Work request ▸ Needed from the entries below: every line that holds the word "could".
*** Entries supplied ***
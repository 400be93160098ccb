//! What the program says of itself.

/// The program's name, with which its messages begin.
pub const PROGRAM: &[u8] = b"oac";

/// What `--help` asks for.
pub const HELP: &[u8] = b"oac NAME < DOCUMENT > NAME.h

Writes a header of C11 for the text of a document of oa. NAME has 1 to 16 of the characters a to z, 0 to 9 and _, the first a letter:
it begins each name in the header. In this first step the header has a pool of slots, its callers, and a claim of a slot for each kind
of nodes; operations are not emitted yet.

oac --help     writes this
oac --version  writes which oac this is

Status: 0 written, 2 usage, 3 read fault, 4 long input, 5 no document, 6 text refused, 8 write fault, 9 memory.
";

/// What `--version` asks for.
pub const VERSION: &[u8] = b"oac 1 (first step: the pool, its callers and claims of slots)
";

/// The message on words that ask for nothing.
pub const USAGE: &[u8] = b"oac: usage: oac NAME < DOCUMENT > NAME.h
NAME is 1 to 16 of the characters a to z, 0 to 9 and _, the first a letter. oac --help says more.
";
***
*** Entries supplied ***
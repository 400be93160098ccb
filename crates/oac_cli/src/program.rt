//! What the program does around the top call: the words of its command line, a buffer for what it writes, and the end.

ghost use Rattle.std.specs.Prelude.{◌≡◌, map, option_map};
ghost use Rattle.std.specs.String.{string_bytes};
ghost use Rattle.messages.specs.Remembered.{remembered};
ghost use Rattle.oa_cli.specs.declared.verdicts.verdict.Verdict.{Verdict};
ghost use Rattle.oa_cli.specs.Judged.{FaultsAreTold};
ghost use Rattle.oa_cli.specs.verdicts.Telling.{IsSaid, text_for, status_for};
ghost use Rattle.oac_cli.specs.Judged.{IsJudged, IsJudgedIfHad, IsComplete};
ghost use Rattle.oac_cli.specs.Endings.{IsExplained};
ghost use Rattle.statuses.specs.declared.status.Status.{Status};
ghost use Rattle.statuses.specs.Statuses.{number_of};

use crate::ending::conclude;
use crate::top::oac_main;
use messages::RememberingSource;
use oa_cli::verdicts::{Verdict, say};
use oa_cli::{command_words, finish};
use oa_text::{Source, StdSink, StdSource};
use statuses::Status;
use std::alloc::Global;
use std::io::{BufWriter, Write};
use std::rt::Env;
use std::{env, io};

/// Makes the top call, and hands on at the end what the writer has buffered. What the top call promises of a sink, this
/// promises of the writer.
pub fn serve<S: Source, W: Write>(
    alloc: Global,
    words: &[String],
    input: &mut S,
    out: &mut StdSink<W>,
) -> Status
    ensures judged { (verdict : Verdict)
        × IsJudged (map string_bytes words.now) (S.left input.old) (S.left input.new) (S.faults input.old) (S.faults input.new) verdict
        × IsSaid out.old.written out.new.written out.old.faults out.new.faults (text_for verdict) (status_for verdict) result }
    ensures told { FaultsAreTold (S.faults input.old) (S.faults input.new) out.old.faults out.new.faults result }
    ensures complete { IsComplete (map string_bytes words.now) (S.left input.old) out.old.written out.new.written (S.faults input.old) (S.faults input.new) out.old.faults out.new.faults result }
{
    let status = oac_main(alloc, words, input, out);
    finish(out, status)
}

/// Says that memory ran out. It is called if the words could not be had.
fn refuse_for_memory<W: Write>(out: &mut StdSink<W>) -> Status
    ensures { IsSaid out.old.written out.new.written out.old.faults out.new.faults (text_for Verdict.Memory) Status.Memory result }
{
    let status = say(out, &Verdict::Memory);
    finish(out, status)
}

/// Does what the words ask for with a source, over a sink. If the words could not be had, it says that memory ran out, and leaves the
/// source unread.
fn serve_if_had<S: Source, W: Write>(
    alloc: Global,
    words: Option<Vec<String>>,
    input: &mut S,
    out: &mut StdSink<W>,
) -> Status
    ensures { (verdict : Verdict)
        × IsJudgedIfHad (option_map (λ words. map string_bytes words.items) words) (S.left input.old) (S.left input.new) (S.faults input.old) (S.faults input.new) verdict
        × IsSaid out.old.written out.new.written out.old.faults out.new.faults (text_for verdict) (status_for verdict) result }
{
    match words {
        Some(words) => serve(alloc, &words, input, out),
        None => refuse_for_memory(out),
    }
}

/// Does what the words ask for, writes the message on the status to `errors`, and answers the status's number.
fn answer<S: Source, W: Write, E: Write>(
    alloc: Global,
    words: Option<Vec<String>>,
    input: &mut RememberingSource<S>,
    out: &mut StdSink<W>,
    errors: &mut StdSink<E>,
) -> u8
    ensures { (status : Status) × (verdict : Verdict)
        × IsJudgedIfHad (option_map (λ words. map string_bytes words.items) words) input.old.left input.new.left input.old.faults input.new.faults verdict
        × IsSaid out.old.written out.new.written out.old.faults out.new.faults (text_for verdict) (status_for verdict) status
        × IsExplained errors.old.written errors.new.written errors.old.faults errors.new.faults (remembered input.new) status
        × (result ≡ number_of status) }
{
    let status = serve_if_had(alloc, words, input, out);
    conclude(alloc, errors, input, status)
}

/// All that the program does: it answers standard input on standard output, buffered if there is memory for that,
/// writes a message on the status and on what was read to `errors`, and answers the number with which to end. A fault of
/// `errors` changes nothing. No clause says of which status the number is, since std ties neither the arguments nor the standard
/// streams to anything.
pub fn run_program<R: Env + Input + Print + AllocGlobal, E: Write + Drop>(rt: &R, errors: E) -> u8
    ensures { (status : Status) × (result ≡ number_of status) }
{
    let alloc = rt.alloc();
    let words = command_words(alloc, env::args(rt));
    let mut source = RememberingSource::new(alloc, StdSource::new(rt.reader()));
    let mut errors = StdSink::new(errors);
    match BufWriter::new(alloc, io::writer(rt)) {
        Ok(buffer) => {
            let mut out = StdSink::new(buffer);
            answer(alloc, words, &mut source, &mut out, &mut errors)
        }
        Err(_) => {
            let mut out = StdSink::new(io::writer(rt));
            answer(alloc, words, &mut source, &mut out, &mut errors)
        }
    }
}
***
*** Entries supplied ***
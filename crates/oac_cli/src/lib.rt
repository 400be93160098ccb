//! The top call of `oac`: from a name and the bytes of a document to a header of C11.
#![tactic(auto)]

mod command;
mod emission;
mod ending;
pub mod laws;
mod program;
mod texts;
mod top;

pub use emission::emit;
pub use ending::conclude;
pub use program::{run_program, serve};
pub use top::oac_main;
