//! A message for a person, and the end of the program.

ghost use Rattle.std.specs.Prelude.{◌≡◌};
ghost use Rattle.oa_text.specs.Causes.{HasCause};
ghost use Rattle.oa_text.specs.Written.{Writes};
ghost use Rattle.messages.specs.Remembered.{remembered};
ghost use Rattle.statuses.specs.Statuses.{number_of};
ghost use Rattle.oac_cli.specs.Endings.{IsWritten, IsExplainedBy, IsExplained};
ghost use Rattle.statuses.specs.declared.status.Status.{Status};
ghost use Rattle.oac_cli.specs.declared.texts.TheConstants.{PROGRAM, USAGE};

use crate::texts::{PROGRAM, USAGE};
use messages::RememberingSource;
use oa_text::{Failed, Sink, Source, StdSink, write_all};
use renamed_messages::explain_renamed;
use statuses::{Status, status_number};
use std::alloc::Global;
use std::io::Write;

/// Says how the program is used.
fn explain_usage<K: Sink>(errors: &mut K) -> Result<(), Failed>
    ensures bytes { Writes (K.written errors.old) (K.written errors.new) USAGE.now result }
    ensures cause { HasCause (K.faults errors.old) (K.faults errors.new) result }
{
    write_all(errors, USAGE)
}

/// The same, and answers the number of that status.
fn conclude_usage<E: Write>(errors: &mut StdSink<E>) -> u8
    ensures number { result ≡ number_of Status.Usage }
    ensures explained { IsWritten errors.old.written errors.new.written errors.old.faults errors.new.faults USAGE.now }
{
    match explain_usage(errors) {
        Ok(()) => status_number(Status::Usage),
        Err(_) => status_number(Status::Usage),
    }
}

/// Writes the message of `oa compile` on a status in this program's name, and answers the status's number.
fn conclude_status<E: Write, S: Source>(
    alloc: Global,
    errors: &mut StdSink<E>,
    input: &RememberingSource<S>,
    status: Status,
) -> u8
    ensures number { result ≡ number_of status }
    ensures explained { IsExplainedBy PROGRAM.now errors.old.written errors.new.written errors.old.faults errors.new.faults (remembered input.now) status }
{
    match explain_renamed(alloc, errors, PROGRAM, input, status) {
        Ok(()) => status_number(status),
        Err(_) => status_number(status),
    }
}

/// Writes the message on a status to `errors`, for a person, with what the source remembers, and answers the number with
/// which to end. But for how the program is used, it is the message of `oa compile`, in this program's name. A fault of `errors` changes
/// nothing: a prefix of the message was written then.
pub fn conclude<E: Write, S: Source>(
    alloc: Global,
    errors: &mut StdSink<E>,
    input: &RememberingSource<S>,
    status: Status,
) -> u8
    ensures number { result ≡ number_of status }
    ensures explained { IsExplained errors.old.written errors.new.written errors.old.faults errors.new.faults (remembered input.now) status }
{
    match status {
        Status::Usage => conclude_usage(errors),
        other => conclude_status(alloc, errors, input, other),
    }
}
***
Response to this task ▸
/// Says that memory ran out. It is called if the words could not be had.
/// Does what the words ask for with a source, over a sink. If the words could not be had, it says that memory ran out, and leaves the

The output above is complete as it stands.